Rusia afirma que está fortaleciendo sus propias tropas en Abjasia y en Osetia del Sur, otra de las regiones separatistas dentro de Georgia, que tienen vínculos históricos muy estrechos con Rusia.
El primer ministro georgiano calificó la medida rusa de "irresponsable". La Unión Europea también urgió a la precaución, señalando que la decisión rusa no era prudente dadas las actuales tensiones.

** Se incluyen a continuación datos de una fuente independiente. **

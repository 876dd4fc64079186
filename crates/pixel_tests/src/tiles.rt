//! Tiles of each depth, and their blocks halved.
ghost use Rattle.std.specs.Prelude.{◌≡◌, IfOk};

use parent_rule::{Depth, Steps};
use std::alloc::Global;
use std::test::Fail;
use tile_pixels::{Block, Tile};

// The tile of two columns and two lines that has these bytes.
fn two_by_two(alloc: Global, raw: &[u8], depth: Depth, steps: &mut Steps) -> Result<Tile, Fail>
    ensures depth { IfOk result (λ tile. tile.depth ≡ depth) }
{
    if raw.len() != 4 * depth.bytes() {
        return Err("not four numbers".into());
    }
    Ok(Tile::from_bytes(alloc, raw, depth, 1, steps)?)
}

// The bits of a number, the blank one, the bytes of a tile, its numbers, in the order in which they are stored: the bottom
// line first; and their mean.
type TileRow = (u8, i64, &'static [u8], [i64; 4], i64);

static TILES: [TileRow; 5] = [
    (8, 7, &[0x00, 0xff, 0x80, 0x01], [0, 255, 128, 1], 96),
    (
        16,
        7,
        &[0xff, 0xff, 0x80, 0x00, 0x00, 0x01, 0x7f, 0xff],
        [-1, -32768, 1, 32767],
        0,
    ),
    (
        32,
        7,
        &[
            0xff, 0xff, 0xff, 0xfe, 0x80, 0x00, 0x00, 0x00, 0x00, 0x00, 0x00, 0x01, 0x7f, 0xff,
            0xff, 0xff,
        ],
        [-2, -2147483648, 1, 2147483647],
        0,
    ),
    (
        64,
        7,
        &[
            0xff, 0xff, 0xff, 0xff, 0xff, 0xff, 0xff, 0xfe, 0x80, 0x00, 0x00, 0x00, 0x00, 0x00,
            0x00, 0x00, 0x00, 0x00, 0x00, 0x00, 0x00, 0x00, 0x00, 0x01, 0x7f, 0xff, 0xff, 0xff,
            0xff, 0xff, 0xff, 0xff,
        ],
        [-2, i64::MIN, 1, i64::MAX],
        0,
    ),
    (16, -32768, &[0, 1, 0, 2, 0, 3, 0, 5], [1, 2, 3, 5], 3),
];

// Whether these are the numbers of the tile, and of its block.
fn have(tile: &Tile, block: &Block, stored: &[i64; 4]) -> bool {
    if tile.n() != 1 || block.side() != 2 {
        return false;
    }
    let [bottom_left, bottom_right, top_left, top_right] = *stored;
    tile.get(0, 1) == bottom_left
        && tile.get(1, 1) == bottom_right
        && tile.get(0, 0) == top_left
        && tile.get(1, 0) == top_right
        && block.get(0, 1) == bottom_left
        && block.get(1, 1) == bottom_right
        && block.get(0, 0) == top_left
        && block.get(1, 0) == top_right
}

// Whether these are the numbers of the tile and of its block, and that is their mean.
fn is_read(alloc: Global, tile: &Tile, stored: &[i64; 4], mean: i64) -> Result<bool, Fail> {
    if tile.n() != 1 {
        return Ok(false);
    }
    let mut block = tile.block(alloc)?;
    let has_numbers = have(tile, &block, stored);
    block.halve(tile.depth());
    Ok(has_numbers && block.side() == 1 && block.get(0, 0) == mean)
}

// Whether the bytes of a row are read as the tile that it says.
fn reads(alloc: Global, (bitpix, blank, raw, stored, mean): &TileRow) -> Result<bool, Fail> {
    let depth = Depth::new(*bitpix, *blank).ok_or("no depth")?;
    let mut steps = Steps::new();
    let tile = two_by_two(alloc, raw, depth, &mut steps)?;
    if steps.count() != 1 || tile.depth() != depth || tile.raw() != *raw {
        return Ok(false);
    }
    is_read(alloc, &tile, stored, *mean)
}

#[test]
fn reads_each_depth_and_halves_blocks(rt: HostRuntime) -> Result<(), Fail> {
    for row in &TILES {
        assert!(rt; reads(rt.alloc(), row)?, "{row:?}");
    }
    Ok(())
}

El canciller de Rusia afirmó que su país no se estaba preparando para una guerra, pero que respondería a cualquier ataque.
No obstante, el Kremlin informó que está concentrando a 1.500 soldados y policías en Abjasia, en la zona que aún está bajo control gubernamental.
El alto representante de la Unión Europea para la política exterior y de seguridad, Javier Solana, pidió al gobierno de Rusia que muestre moderación, luego de reunirse con el canciller de ese país, Sergey Lavrov.
El canciller ruso, sin embargo, aseveró que el país tiene que proteger a sus ciudadanos en ambas regiones y que si Georgia toma acciones militares, Rusia tendría que responder con "medidas de represalia".
La corresponsal de asuntos europeos de la BBC, Oana Lungescu, cree que la presencia de Solana en esta situación refleja la creciente preocupación de la Organización del Tratado del Atlántico Norte (OTAN).
Esto tiene que ver -según ella- a las consecuencias impredecibles que podría tener la promesa de la Alianza Atlántica de aceptar a Georgia como miembro pleno a pesar de las fuerte oposición de Rusia.
Escalada
La semana pasada, el gobierno de Georgia acusó a Rusia de haber derribado en territorio georgiano un avión no pilotado de reconocimiento aéreo.
La tensión escaló desde que Moscú anunció que buscaría estrechar vínculos con Abjasia y con Osetia del Sur, república independiente "de facto" dentro de Georgia.
Georgia acusa a Rusia de querer anexarse partes del territorio georgiano.
Su gobierno asegura que el Kremlin está manipulando los conflictos separatistas para mantener la influencia rusa en las antiguas regiones soviéticas y afectar las aspiraciones georgianas de integrarse a la OTAN.
Desde comienzos de los 90, se han desplegado cascos azules de la ONU y de Rusia en las dos regiones en conflicto, cuando se presentaron hechos de violencia en el momento en que ambas rompían con el control georgiano.